Pengalaman hidup sering kali menjadi guru terbaik. Salah satu pengalaman paling berharga dalam hidup saya adalah ketika saya menjalani program Asistensi Mengajar di SMKN 1 Malang selama tiga bulan. Program ini tidak hanya memberikan saya kesempatan untuk berkontribusi di dunia pendidikan, tetapi juga menjadi ruang untuk belajar memahami dinamika kehidupan di sekolah. Dengan mengajar mata pelajaran Pendidikan Pancasila dan Kewarganegaraan (PPKn), saya mengalami berbagai momen yang penuh tantangan, kebahagiaan, dan pembelajaran yang tak terlupakan.
Awal Perjalanan: Kesan Pertama di SMKN 1 Malang
Ketika menerima penempatan di SMKN 1 Malang, saya merasa sangat antusias sekaligus cemas. Antusias karena sekolah ini dikenal memiliki reputasi baik di bidang pendidikan kejuruan. Namun, saya juga merasa gugup karena ini adalah pengalaman pertama saya mengajar mata pelajaran PPKn secara langsung di lingkungan sekolah formal. Sebagai seseorang yang masih belajar, saya khawatir apakah saya bisa menyampaikan materi dengan baik dan bagaimana saya akan diterima oleh para siswa.

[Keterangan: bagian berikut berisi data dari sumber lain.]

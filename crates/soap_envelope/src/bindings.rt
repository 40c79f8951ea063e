// The declarations of all open elements, or of one, which are found by their prefixes.
ghost use Rattle.std.specs.Prelude.{◌≡◌, ◌∷◌, ◌<◌, ◌≤◌, ◌-◌, [], ℕ, List, IsTrue, OnErr, OnOk, drop, if◌then◌else◌, is_some, length, map, reverse, take};
ghost use Rattle.std.specs.Option.{option_copied};
ghost use Rattle.std.specs.Str.{bytes_eq};
ghost use Rattle.soap_envelope.specs.Bindings as spec;
ghost use Rattle.soap_envelope.specs.Bindings.{AreKept, bound_as, few, newest};
ghost use Rattle.soap_envelope.specs.Layers.{place_in};
ghost use Rattle.soap_envelope.specs.Scopes as scope;
ghost use Rattle.soap_envelope.specs.Scopes.{declaration};

use std::alloc::Global;
use std::collections::BTreeMap;
use std::marker::Model;
use unit_streams::Memory;

// What an open element declares a prefix to stand for, and the place that the map had for the
// prefix before.
#[derive(Clone, Copy)]
pub(crate) struct Binding<'d> {
    prefix: &'d str,
    uri: &'d str,
    hidden: Option<usize>,
}

// So many declarations are searched one by one.
const FEW: usize = 8;

// The declarations of all open elements, which contracts see from the last one on: those of the
// innermost element first, in order. Of those behind the first few, each prefix has the place of
// its last declaration in a map.
#[derive(Drop)]
pub(crate) struct Bindings<'d> {
    bound: Vec<Binding<'d>>,
    places: BTreeMap<&'d str, usize>,
}

impl<'d> Model for Bindings<'d> {
    ghost use Rattle.std.specs.Prelude.{List};
    ghost use Rattle.soap_envelope.specs.Scopes.{Declaration};
    ghost use Rattle.soap_envelope.specs.Bindings.{AreKept, declarations};

    ghost Value = { List Declaration };

    ghost view = { λ b. declarations b.bound };

    ghost invariant = { λ b. AreKept b.bound b.places };
}

// The place of the last declaration of a prefix.
fn last_among(bound: &[Binding<'_>], prefix: &str) -> Option<usize>
    ensures { result ≡ spec.last_of prefix.now (map bound_as (reverse bound.now)) }
{
    let mut more = bound.len();
    while more > 0 {
        more -= 1;
        if bound[more].prefix == prefix {
            return Some(more);
        }
    }
    None
}

// Puts back the place that a declaration hides. A prefix that has a place takes another without
// memory.
fn put_back<'d>(places: &mut BTreeMap<&'d str, usize>, last: &Binding<'d>)
    requires { IsTrue (is_some (place_in last.now.prefix.now places.old)) }
    ensures { (q : List ℕ) → place_in q places.new
        ≡ (if bytes_eq last.now.prefix.now q then last.now.hidden else place_in q places.old) }
{
    match last.hidden {
        Some(at) => match places.insert(last.prefix, at) {
            Ok(_) => {}
            Err(_) => {}
        },
        None => {
            places.remove(last.prefix);
        }
    }
}

impl<'d> Bindings<'d> {
    // No declarations.
    pub(crate) fn new(alloc: Global) -> Bindings<'d>
        ensures { result ≡ [] }
    {
        Bindings {
            bound: Vec::new(alloc),
            places: BTreeMap::new(alloc),
        }
    }

    pub(crate) fn len(&self) -> usize
        ensures { result ≡ length self.now }
    {
        self.bound.len()
    }

    // Adds a declaration, which hides those of its prefix, where there are many.
    fn push_place(&mut self, prefix: &'d str, uri: &'d str) -> Result<(), Memory>
        requires { few ≤ length self.old }
        ensures put { OnOk result (self.new ≡ declaration prefix.now uri.now ∷ self.old) }
        ensures kept { OnErr result (self.new ≡ self.old) }
    {
        let hidden = self.places.insert(prefix, self.bound.len())?;
        let one = Binding {
            prefix,
            uri,
            hidden,
        };
        match self.bound.push(one) {
            Ok(()) => Ok(()),
            Err(_) => {
                put_back(&mut self.places, &one);
                Err(Memory)
            }
        }
    }

    // Adds a declaration, which hides those of its prefix.
    pub(crate) fn push(&mut self, prefix: &'d str, uri: &'d str) -> Result<(), Memory>
        ensures put { OnOk result (self.new ≡ declaration prefix.now uri.now ∷ self.old) }
        ensures kept { OnErr result (self.new ≡ self.old) }
    {
        if self.bound.len() >= FEW {
            return self.push_place(prefix, uri);
        }
        self.bound.push(Binding {
            prefix,
            uri,
            hidden: None,
        })?;
        Ok(())
    }

    // Takes the last declaration away, where there are many.
    fn pop(&mut self)
        requires { few < length self.old }
        ensures { self.new ≡ drop 1 self.old }
    {
        if let Some(last) = self.bound.pop() {
            put_back(&mut self.places, &last);
        }
    }

    // Keeps only the first so many declarations, where these are few.
    fn keep_few(&mut self, count: usize)
        requires { count ≤ few }
        ensures { self.new ≡ drop (length self.old - count) self.old }
    {
        if self.bound.len() > FEW {
            self.places.clear();
        }
        self.bound.truncate(count);
    }

    // Keeps only the first so many declarations.
    pub(crate) fn keep(&mut self, count: usize)
        ensures { self.new ≡ drop (length self.old - count) self.old }
    {
        if count <= FEW {
            self.keep_few(count);
            return;
        }
        while self.len() > count {
            self.pop();
        }
    }

    // The place of the last declaration of a prefix, from the first declaration on.
    fn place_of(&self, prefix: &str) -> Option<usize>
        ensures { result ≡ spec.last_of prefix.now self.now }
    {
        if self.bound.len() <= FEW {
            return last_among(self.bound.as_slice(), prefix);
        }
        match self.places.get(prefix) {
            Some(at) => Some(*at),
            None => last_among(&self.bound[..FEW], prefix),
        }
    }

    // What the last declaration of a prefix says.
    fn uri_among(&self, prefix: &str) -> Option<&'d str>
        ensures { option_copied result ≡ scope.uri_in self.now prefix.now }
    {
        match self.place_of(prefix) {
            Some(at) => Some(self.bound[at].uri),
            None => None,
        }
    }

    // The same. Most elements declare nothing.
    #[inline(always)]
    pub(crate) fn uri_of(&self, prefix: &str) -> Option<&'d str>
        ensures { option_copied result ≡ scope.uri_in self.now prefix.now }
    {
        if self.bound.is_empty() {
            return None;
        }
        self.uri_among(prefix)
    }

    // Whether one of the last so many declarations is of a prefix.
    pub(crate) fn has_among(&self, count: usize, prefix: &str) -> bool
        requires { count ≤ length self.now }
        ensures { result ≡ is_some (scope.uri_in (take count self.now) prefix.now) }
    {
        match self.place_of(prefix) {
            Some(at) => self.len() - at <= count,
            None => false,
        }
    }
}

Kesan pertama saya tentang SMKN 1 Malang sangat positif. Ketika tiba pada hari pertama, saya disambut dengan hangat oleh para guru dan staf sekolah. Lingkungan sekolah yang tertata rapi, siswa yang bersemangat, serta budaya saling menghormati yang terasa kental membuat saya merasa diterima sejak awal. Dalam pertemuan pertama dengan guru pembimbing, saya dijelaskan tentang peran saya selama tiga bulan ke depan. Saya ditugaskan untuk membantu pengajaran PPKn di beberapa kelas, mendampingi siswa dalam kegiatan pembelajaran, dan terlibat aktif dalam program-program sekolah.
Hari-Hari Awal: Adaptasi yang Penuh Tantangan
Minggu pertama menjadi masa adaptasi yang cukup menantang bagi saya. Mata pelajaran PPKn sering dianggap sebagai mata pelajaran yang "teoritis" oleh siswa, sehingga sebagian dari mereka kurang antusias. Tugas pertama saya adalah memecahkan stigma tersebut dengan cara membuat pembelajaran menjadi lebih menarik dan relevan.
Saya memulai dengan mengenal siswa-siswa di kelas yang saya bimbing. Dalam beberapa pertemuan awal, saya lebih banyak mendengarkan mereka berbicara tentang pandangan mereka terhadap PPKn. Hal ini memberikan wawasan yang penting bagi saya untuk menyusun strategi pengajaran. Saya berusaha untuk tidak hanya membahas teori Pancasila atau UUD 1945, tetapi juga mengaitkannya dengan kehidupan sehari-hari dan isu-isu yang relevan dengan dunia mereka.
Salah satu pendekatan yang saya gunakan adalah pembelajaran berbasis kasus. Misalnya, saya membawa berita-berita aktual yang berhubungan dengan nilai-nilai Pancasila dan meminta siswa untuk menganalisisnya. Ketika kami membahas tema "Hak dan Kewajiban Warga Negara," saya mengadakan simulasi sidang di kelas, di mana siswa diminta berperan sebagai anggota parlemen yang harus menyusun rancangan undang-undang. Aktivitas ini tidak hanya membuat mereka lebih memahami materi, tetapi juga meningkatkan keterampilan berpikir kritis dan komunikasi mereka.
Tantangan yang Dihadapi
Selama menjalani program asistensi mengajar, saya menghadapi beberapa tantangan yang cukup kompleks. Salah satu tantangan utama adalah menghadapi siswa yang kurang termotivasi untuk mengikuti pelajaran PPKn. Beberapa siswa menganggap bahwa mata pelajaran ini tidak relevan dengan jurusan keahlian mereka, seperti Teknik Otomotif atau Akuntansi.
Untuk mengatasi masalah ini, saya mencoba menghubungkan materi PPKn dengan bidang keahlian mereka. Misalnya, ketika membahas topik etika kerja, saya mencontohkan bagaimana nilai-nilai Pancasila dapat diterapkan dalam dunia kerja, seperti menjunjung tinggi keadilan dan profesionalisme. Saya juga memberikan studi kasus yang relevan dengan profesi mereka, sehingga mereka merasa bahwa pembelajaran ini memiliki manfaat praktis.